* The problem: Will you return, word for word, only the lines from the top of the data below down to and including the one with "filename crates/net_optimize/src/marks.rt"?

Data for the task below:

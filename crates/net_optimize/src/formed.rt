//! Whether designs keep the rules that texts ask for.

ghost use Rattle.std.specs.Prelude.{◌≡◌, true, IfOk, IsTrue};
ghost use Rattle.net_core.specs.View.{netlist_of};
ghost use Rattle.design_rules.specs.Formed.{IsWellFormed};
ghost use Rattle.net_core.specs.ProductRules.Products.{no_product_chains};

use design_rules::formed::well_formed;
use net_core::design::Design;
use net_core::product_rules::has_no_product_chains;
use std::alloc::{AllocError, Global};

/// Whether a design is well formed, with products apart. Takes time in the square of its registers.
pub(crate) fn keeps_rules(alloc: Global, design: &Design) -> Result<bool, AllocError>
    ensures formed { IfOk result (λ is. is ≡ true → IsWellFormed (netlist_of design.now)) }
    ensures apart { IfOk result (λ is. is ≡ true → IsTrue (no_product_chains (netlist_of design.now))) }
{
    if well_formed(design).is_ok() && has_no_product_chains(alloc, design)? {
        return Ok(true);
    }
    Ok(false)
}
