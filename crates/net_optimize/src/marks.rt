//! Marks of wires, by which those of one mark are found without a look at all others.

use std::alloc::{AllocError, Global};
use std::collections::HashMap;

/// The marks of wires, and of each mark the first wire that has it.
#[derive(Drop)]
pub(crate) struct Marks {
    marks: Vec<u64>,
    firsts: HashMap<u64, u32>,
}

impl Marks {
    pub(crate) fn new(alloc: Global) -> Marks {
        Marks {
            marks: Vec::new(alloc),
            firsts: HashMap::new(alloc),
        }
    }

    /// The first wire that has a mark, or how many wires there are where none has it.
    pub(crate) fn first(&self, mark: u64) -> usize {
        match self.firsts.get(&mark) {
            Some(first) => *first as usize,
            None => self.marks.len(),
        }
    }

    /// Whether a wire has a mark.
    pub(crate) fn has(&self, wire: usize, mark: u64) -> bool {
        self.marks.get(wire).copied() == Some(mark)
    }

    /// Adds the mark of the next wire.
    pub(crate) fn push(&mut self, mark: u64) -> Result<(), AllocError> {
        if !self.firsts.contains_key(&mark) {
            let next = u32::try_from(self.marks.len()).unwrap_or(u32::MAX);
            self.firsts.insert(mark, next)?;
        }
        Ok(self.marks.push(mark)?)
    }
}
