//! The sections of a design of which some wires and registers are dropped.

ghost use Rattle.std.specs.Prelude.{◌≡◌, false, IfOk, length, map};
ghost use Rattle.std.proofs.Common.{get_or};
ghost use Rattle.net_core.specs.View.{wire_of, assign_of, statement_of};
ghost use Rattle.net_core.specs.Names.{is_register};
ghost use Rattle.net_core.specs.Clock.{first_words, first_memories};
ghost use Rattle.net_optimize.specs.Renumber.{numbers_of, kept, kept_wires, renumber_assign, renumber_always};

use crate::live::Live;
use crate::renumber::{Numbering, push_busy, renumbered_expr, renumbered_right, renumbered_stmt};
use net_core::design::{Assign, Declared, Wire};
use net_core::tree::{Net, Stmt};
use std::alloc::{AllocError, Global};

/// Which wires have to stay.
pub(crate) fn live_wires(
    alloc: Global,
    wires: &[Wire],
    live: &Live,
) -> Result<Vec<bool>, AllocError>
    ensures { IfOk result (λ keep. length keep.items ≡ length wires.now) }
{
    let mut keep = Vec::new(alloc);
    for i in 0..wires.len() {
        keep.push(live.has_wire(i))?;
    }
    Ok(keep)
}

/// Which registers have to stay.
pub(crate) fn live_registers(
    alloc: Global,
    declared: &[Declared],
    live: &Live,
) -> Result<Vec<bool>, AllocError>
    ensures { IfOk result (λ keep. length keep.items ≡ length (first_words declared.now)) }
{
    let mut keep = Vec::new(alloc);
    for item in declared {
        if let Declared::Register(_) = item {
            keep.push(live.has_register(keep.len()))?;
        }
    }
    Ok(keep)
}

fn is_kept(keep: &[bool], at: usize) -> bool
    ensures { result ≡ get_or keep.now at false }
{
    keep.get(at).copied().unwrap_or(false)
}

/// The wires that are kept, by the new numbers.
pub(crate) fn kept_wires(
    alloc: Global,
    wires: &[Wire],
    keep: &[bool],
    numbers: &Numbering,
) -> Result<Vec<Wire>, AllocError>
    ensures { IfOk result (λ r. map wire_of r.items ≡ kept_wires (numbers_of numbers.now) keep.now (map wire_of wires.now)) }
{
    let mut all = Vec::new(alloc);
    let mut at = 0;
    for wire in wires {
        if is_kept(keep, at) {
            let right = renumbered_right(alloc, &wire.right, numbers)?;
            all.push(Wire {
                width: wire.width,
                right,
            })?;
        }
        at += 1;
    }
    Ok(all)
}

fn is_register(item: &Declared) -> bool
    ensures { result ≡ is_register item.now }
{
    matches!(item, Declared::Register(_))
}

/// What is declared, without registers that are dropped.
pub(crate) fn kept_declared(
    alloc: Global,
    declared: &[Declared],
    keep: &[bool],
) -> Result<Vec<Declared>, AllocError>
    ensures words { IfOk result (λ r. first_words r.items ≡ kept keep.now (first_words declared.now)) }
    ensures memories { IfOk result (λ r. first_memories r.items ≡ first_memories declared.now) }
{
    let mut all = Vec::new(alloc);
    let mut register = 0;
    for item in declared {
        if is_register(item) {
            if is_kept(keep, register) {
                all.push(*item)?;
            }
            register += 1;
        } else {
            all.push(*item)?;
        }
    }
    Ok(all)
}

/// What outputs show, by the new numbers.
pub(crate) fn kept_assigns(
    alloc: Global,
    assigns: &[Assign],
    numbers: &Numbering,
) -> Result<Vec<Assign>, AllocError>
    ensures { IfOk result (λ r. map assign_of r.items ≡ map (renumber_assign (numbers_of numbers.now)) (map assign_of assigns.now)) }
{
    let mut all = Vec::new(alloc);
    for assign in assigns {
        let value = renumbered_expr(alloc, &assign.value, numbers)?;
        all.push(Assign {
            port: assign.port,
            value,
        })?;
    }
    Ok(all)
}

/// The statements of always blocks, by the new numbers. One that does nothing is left out.
pub(crate) fn kept_always(
    alloc: Global,
    always: &[Stmt<Net>],
    numbers: &Numbering,
) -> Result<Vec<Stmt<Net>>, AllocError>
    ensures { IfOk result (λ r. map statement_of r.items ≡ renumber_always (numbers_of numbers.now) (map statement_of always.now)) }
{
    let mut all = Vec::new(alloc);
    for stmt in always {
        let stmt = renumbered_stmt(alloc, stmt, numbers)?;
        push_busy(&mut all, stmt)?;
    }
    Ok(all)
}
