//! A design of fewer wires, registers and operators.

ghost use Rattle.std.specs.Prelude.{◌≡◌, ◌<◌, IfOk, IfSome, IsTrue, length};
ghost use Rattle.net_core.specs.View.{netlist_of};
ghost use Rattle.design_rules.specs.Formed.{IsWellFormed};
ghost use Rattle.net_core.specs.ProductRules.Products.{no_product_chains};
ghost use Rattle.net_core.specs.declared.tree.Net.{Net};
ghost use Rattle.net_core.specs.Value.{Env};
ghost use Rattle.net_core.specs.Clock.{first_words};
ghost use Rattle.net_core.specs.SameClocks.Same.{ShowTheSame};
ghost use Rattle.design_rules.specs.SolvedWires.Solving.{Solves};
ghost use Rattle.net_optimize.specs.Folding.{AreSameSections, sections_of, netlist_sections};
ghost use Rattle.net_optimize.specs.Reading.{ReadsWhatIsThere};
ghost use Rattle.net_optimize.specs.Renumber.{numbers as numbered};
ghost use Rattle.net_optimize.specs.Short.{IsShort};

use crate::formed::keeps_rules;
use crate::kept::{
    kept_always, kept_assigns, kept_declared, kept_wires, live_registers, live_wires,
};
use crate::live::live_nets;
use crate::names::kept_names;
use crate::reading::reads_what_is_there;
use crate::renumber::{Numbering, numbers};
use crate::sections::{Sections, folded_sections};
use crate::shared_expressions::shared;
use crate::simple_logic::simpler;
use net_core::design::Design;
use net_core::same_clocks::laws::designs_show_their_own;
use register_rules::equal_registers::equal_registers;
use register_rules::narrow_registers::narrower;
use std::alloc::{AllocError, Global};

/// One way to make a design shorter.
#[derive(Clone, Copy)]
enum Step {
    /// Fewer wires and registers.
    Shorter,
    /// The same again, where that made it shorter.
    Again,
    /// Fewer bits of registers and wires, some of which are one bit then.
    Narrower,
    /// Without high bits that are 0 alone, where the former step gave nothing.
    WithoutZeros,
    /// Fewer operators by what is known of the sizes of nets.
    Simpler,
    /// What stands at several places as wires.
    Shared,
}

/// What comes after the first step. What stands for a narrower register is folded where it is read, what is then known of wires makes more
/// of it simpler, and of the wires for what stands at several places those that are read once are read where they are.
const STEPS: [Step; 13] = [
    Step::Again,
    Step::Narrower,
    Step::WithoutZeros,
    Step::Shorter,
    Step::Again,
    Step::Simpler,
    Step::Shorter,
    Step::Simpler,
    Step::Shorter,
    Step::Simpler,
    Step::Shorter,
    Step::Shared,
    Step::Shorter,
];

/// What the last step came to.
#[derive(Clone, Copy)]
enum Outcome {
    Nothing,
    Other,
    Fewer,
}

/// A design, and what the step came to that gave it.
#[derive(Drop)]
struct Best {
    design: Design,
    outcome: Outcome,
}

// Sections that do the same: shared first, so that what is read once is counted after it, and then moved.
fn shortened(alloc: Global, design: &Design) -> Result<Sections, AllocError>
    requires { length design.now.wires.items < 4294967295 }
    ensures count { IfOk result (λ s. length s.wires.items ≡ length design.now.wires.items) }
    ensures same { IfOk result (λ s. (v : Env Net) → Solves v 0 (netlist_of design.now).wires → AreSameSections v (netlist_sections (netlist_of design.now)) (sections_of s)) }
{
    let shared = folded_sections(alloc, &design.wires, &design.assigns, &design.always, false)?;
    let moved = folded_sections(alloc, &shared.wires, &shared.assigns, &shared.always, true)?;
    Ok(moved)
}

/// Which wires and registers stay, and the new numbers of all.
#[derive(Drop)]
struct Kept {
    wires: Vec<bool>,
    registers: Vec<bool>,
    numbers: Numbering,
}

// What stays of these sections, where each register is read as the one that is listed for it.
fn kept_nets(
    alloc: Global,
    design: &Design,
    short: &Sections,
    firsts: Vec<u32>,
) -> Result<Kept, AllocError>
    requires wires { length short.now.wires.items < 4294967295 }
    requires declared { length design.now.declared.items < 4294967295 }
    ensures all_wires { IfOk result (λ k. length k.wires.items ≡ length short.now.wires.items) }
    ensures all_registers { IfOk result (λ k. length k.registers.items ≡ length (first_words design.now.declared.items)) }
    ensures wires { IfOk result (λ k. k.numbers.wires.items ≡ numbered 0 k.wires.items) }
    ensures registers { IfOk result (λ k. k.numbers.registers.items ≡ numbered 0 k.registers.items) }
    ensures firsts { IfOk result (λ k. k.numbers.firsts.items ≡ firsts.items) }
{
    let live = live_nets(alloc, short, design.declared.len(), &firsts)?;
    let wires = live_wires(alloc, &short.wires, &live)?;
    let registers = live_registers(alloc, &design.declared, &live)?;
    let numbers = Numbering {
        wires: numbers(alloc, &wires)?,
        registers: numbers(alloc, &registers)?,
        firsts,
    };
    Ok(Kept {
        wires,
        registers,
        numbers,
    })
}

// A design with these sections in place of its own, of which wires and registers are dropped that nothing reads, and of equal registers
// all but the first.
fn without_dead(
    alloc: Global,
    design: &Design,
    short: &Sections,
    firsts: Vec<u32>,
) -> Result<Design, AllocError>
    requires wires { length short.now.wires.items < 4294967295 }
    requires declared { length design.now.declared.items < 4294967295 }
    ensures { IfOk result (λ d. IsShort (netlist_of design.now) (sections_of short.now) firsts.items (netlist_of d)) }
{
    let kept = kept_nets(alloc, design, short, firsts)?;
    let declared = kept_declared(alloc, &design.declared, &kept.registers)?;
    let wires = kept_wires(alloc, &short.wires, &kept.wires, &kept.numbers)?;
    let assigns = kept_assigns(alloc, &short.assigns, &kept.numbers)?;
    let always = kept_always(alloc, &short.always, &kept.numbers)?;
    let names = kept_names(alloc, design, &kept.registers, wires.len())?;
    let ports = Vec::from_slice(alloc, &design.ports)?;
    Ok(Design {
        names,
        ports,
        declared,
        wires,
        assigns,
        always,
    })
}

// A shorter design, if it has not too many nets.
fn shorter(alloc: Global, design: &Design) -> Result<Option<Design>, AllocError>
    ensures { IfOk result (λ n. IfSome n (λ d. ReadsWhatIsThere (netlist_of design.now) → ReadsWhatIsThere (netlist_of d) → ShowTheSame (netlist_of design.now) (netlist_of d))) }
{
    if design.wires.len() >= u32::MAX as usize || design.declared.len() >= u32::MAX as usize {
        return Ok(None);
    }
    let short = shortened(alloc, design)?;
    let firsts = equal_registers(alloc, design)?;
    let next = without_dead(alloc, design, &short, firsts)?;
    Ok(Some(next))
}

// What a step makes of a design.
fn made(alloc: Global, design: &Design, step: Step) -> Result<Option<Design>, AllocError>
    ensures { IfOk result (λ n. IfSome n (λ d. ReadsWhatIsThere (netlist_of design.now) → ReadsWhatIsThere (netlist_of d) → ShowTheSame (netlist_of design.now) (netlist_of d))) }
{
    match step {
        Step::Shorter | Step::Again => shorter(alloc, design),
        Step::Narrower => narrower(alloc, design, true),
        Step::WithoutZeros => narrower(alloc, design, false),
        Step::Simpler => {
            let next = simpler(alloc, design)?;
            Ok(Some(next))
        }
        Step::Shared => shared(alloc, design),
    }
}

// The same, if it reads what is there, and where care is taken also if it keeps all rules.
fn next(
    alloc: Global,
    design: &Design,
    step: Step,
    is_careful: bool,
) -> Result<Option<Design>, AllocError>
    requires { ReadsWhatIsThere (netlist_of design.now) }
    ensures same { IfOk result (λ n. IfSome n (λ d. ShowTheSame (netlist_of design.now) (netlist_of d))) }
    ensures reads { IfOk result (λ n. IfSome n (λ d. ReadsWhatIsThere (netlist_of d))) }
{
    let Some(next) = made(alloc, design, step)? else {
        return Ok(None);
    };
    if !reads_what_is_there(&next) {
        return Ok(None);
    }
    if is_careful && !keeps_rules(alloc, &next)? {
        return Ok(None);
    }
    Ok(Some(next))
}

// What a step came to.
fn came_to(next: &Design, former: &Design) -> Outcome {
    if next.wires.len() < former.wires.len() || next.declared.len() < former.declared.len() {
        return Outcome::Fewer;
    }
    Outcome::Other
}

// Whether a step is to be tried after one that came to this.
fn is_tried(step: Step, outcome: Outcome) -> bool {
    match step {
        Step::Again => matches!(outcome, Outcome::Fewer),
        Step::WithoutZeros => matches!(outcome, Outcome::Nothing),
        _ => true,
    }
}

// One step further.
fn further(alloc: Global, best: Best, step: Step, is_careful: bool) -> Result<Best, AllocError>
    requires { ReadsWhatIsThere (netlist_of best.design) }
    ensures same { IfOk result (λ b. ShowTheSame (netlist_of best.design) (netlist_of b.design)) }
    ensures reads { IfOk result (λ b. ReadsWhatIsThere (netlist_of b.design)) }
{
    designs_show_their_own();
    let Best { design, outcome } = best;
    if !is_tried(step, outcome) {
        return Ok(Best { design, outcome });
    }
    let Some(better) = next(alloc, &design, step, is_careful)? else {
        return Ok(Best {
            design,
            outcome: Outcome::Nothing,
        });
    };
    let outcome = came_to(&better, &design);
    Ok(Best {
        design: better,
        outcome,
    })
}

// All steps, one after another. Gives nothing where the first one does.
fn stepped(alloc: Global, design: &Design, is_careful: bool) -> Result<Option<Design>, AllocError>
    requires { ReadsWhatIsThere (netlist_of design.now) }
    ensures { IfOk result (λ n. IfSome n (λ d. ShowTheSame (netlist_of design.now) (netlist_of d))) }
{
    let Some(first) = next(alloc, design, Step::Shorter, is_careful)? else {
        return Ok(None);
    };
    let outcome = came_to(&first, design);
    let mut best = Best {
        design: first,
        outcome,
    };
    for step in STEPS {
        best = further(alloc, best, step, is_careful)?;
    }
    let Best { design: last, .. } = best;
    Ok(Some(last))
}

// The same, if it keeps all rules in the end.
fn whole(alloc: Global, design: &Design, is_careful: bool) -> Result<Option<Design>, AllocError>
    requires { IsWellFormed (netlist_of design.now) }
    ensures same { IfOk result (λ n. IfSome n (λ d. ShowTheSame (netlist_of design.now) (netlist_of d))) }
    ensures formed { IfOk result (λ n. IfSome n (λ d. IsWellFormed (netlist_of d))) }
    ensures apart { IfOk result (λ n. IfSome n (λ d. IsTrue (no_product_chains (netlist_of d)))) }
{
    let Some(next) = stepped(alloc, design, is_careful)? else {
        return Ok(None);
    };
    if keeps_rules(alloc, &next)? {
        return Ok(Some(next));
    }
    Ok(None)
}

/// A design that shows the same, with fewer wires, registers and operators: constants and what is the whole or a part of another net stand
/// where they are read, of equal right sides and of registers that hold the same the first one is read, the right side of a wire that is
/// read once stands in its place, registers have no bits that are always 0 at their high end and are one bit where they hold one of two words,
/// known sizes of nets make expressions shorter, what stands at several places is a wire, and what nothing reads is dropped. Where this were to
/// break a rule, the design stays as it is.
pub fn optimized(alloc: Global, design: Design) -> Result<Design, AllocError>
    requires formed { IsWellFormed (netlist_of design) }
    requires apart { IsTrue (no_product_chains (netlist_of design)) }
    ensures same { IfOk result (λ d. ShowTheSame (netlist_of design) (netlist_of d)) }
    ensures formed { IfOk result (λ d. IsWellFormed (netlist_of d)) }
    ensures apart { IfOk result (λ d. IsTrue (no_product_chains (netlist_of d))) }
{
    designs_show_their_own();
    // All rules are tested at the end, and after each step only where one of these was broken then.
    if let Some(shorter) = whole(alloc, &design, false)? {
        return Ok(shorter);
    }
    if let Some(shorter) = whole(alloc, &design, true)? {
        return Ok(shorter);
    }
    Ok(design)
}
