//! Designs whose expressions have fewer operators, since words of nets fit known numbers of bits.

mod facts;
mod lost_sets;
mod simplifying;
mod statements;
mod wires;

pub(crate) use simplifying::simpler;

End of Data for the task.

* Answer for the task:
filename crates/net_optimize/src/formed.rt
//! Whether designs keep the rules that texts ask for.

ghost use Rattle.std.specs.Prelude.{◌≡◌, true, IfOk, IsTrue};
ghost use Rattle.net_core.specs.View.{netlist_of};
ghost use Rattle.design_rules.specs.Formed.{IsWellFormed};
ghost use Rattle.net_core.specs.ProductRules.Products.{no_product_chains};

use design_rules::formed::well_formed;
use net_core::design::Design;
use net_core::product_rules::has_no_product_chains;
use std::alloc::{AllocError, Global};

/// Whether a design is well formed, with products apart. Takes time in the square of its registers.
pub(crate) fn keeps_rules(alloc: Global, design: &Design) -> Result<bool, AllocError>
    ensures formed { IfOk result (λ is. is ≡ true → IsWellFormed (netlist_of design.now)) }
    ensures apart { IfOk result (λ is. is ≡ true → IsTrue (no_product_chains (netlist_of design.now))) }
{
    if well_formed(design).is_ok() && has_no_product_chains(alloc, design)? {
        return Ok(true);
    }
    Ok(false)
}
filename crates/net_optimize/src/marks.rt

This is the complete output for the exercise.